At AdvaMed, she led the effort to enact legislation imposing user fees on medical technology companies, enabling FDA to approve their device applications sooner. The pharmaceutical industry enacted similar fees in the mid-1990’s. However, user fees are not an appropriate model for the cosmetic industry, she said. AdvaMed’s model may not be appropriate for the personal care industry, but Bailey believes the CTFA has a track record of innovation and thinking outside the box when it comes to solving problems such as this.

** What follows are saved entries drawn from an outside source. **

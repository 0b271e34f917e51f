// Text on its way out: it is gathered, and goes out in large pieces.
ghost use Rattle.std.specs.Prelude.{◌≡◌, ℕ, List, Option};
ghost use Rattle.mat_io.specs.Answers.{put_failed};
ghost use Rattle.mat_io.specs.Causes.{HasCause};
ghost use Rattle.buckd.specs.Streams.{Flowed, Flows, IsLittle, IsOut};

use mat_io::{Put, Sink};

/// How much text is gathered before it goes out.
const ENOUGH: usize = 65_536;

/// Lets the gathered text go out.
pub fn flush<T: Sink>(gathered: &mut Vec<u8>, output: &mut T) -> Put
    ensures flows { (before : Option (List ℕ)) (text : List ℕ) → Flows before (T.out output.old) gathered.old.items text → Flowed before (T.out output.new) gathered.new.items text result }
    ensures out { IsOut result gathered.new.items }
    ensures cause { HasCause (T.faults output.old) (T.faults output.new) (put_failed result) }
{
    match output.write(gathered.as_slice()) {
        Put::All => {
            gathered.clear();
            Put::All
        }
        Put::Failed => Put::Failed,
        Put::NoMemory => Put::NoMemory,
    }
}

/// Lets the gathered text go out where it is enough.
pub fn flush_enough<T: Sink>(gathered: &mut Vec<u8>, output: &mut T) -> Put
    ensures flows { (before : Option (List ℕ)) (text : List ℕ) → Flows before (T.out output.old) gathered.old.items text → Flowed before (T.out output.new) gathered.new.items text result }
    ensures out { IsLittle result gathered.new.items }
    ensures cause { HasCause (T.faults output.old) (T.faults output.new) (put_failed result) }
{
    if gathered.len() < ENOUGH {
        return Put::All;
    }
    flush(gathered, output)
}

“I don’t know of any process that is as innovative as the Cosmetic Ingredient Review (CIR),” she said. “There is nothing else like that, and it is something that I think the industry has a very proud record of having developed 30 years ago.” CIR is the model open program for cosmetic industry self-regulation that subjects cosmetic ingredients to the scrutiny of an expert panel bent on ensuring product safety. The expert panel has reviewed more than 1,200 cosmetic ingredients in its 30 years. CIR safety assessments are published annually in the CIR Compendium and in monographs available to anyone who may be interested.
The challenge now, Bailey said, is to think outside the box in a similarly creative way to work with FDA in identifying the path toward providing resources while maintaining this industry’s strong record of self-regulation.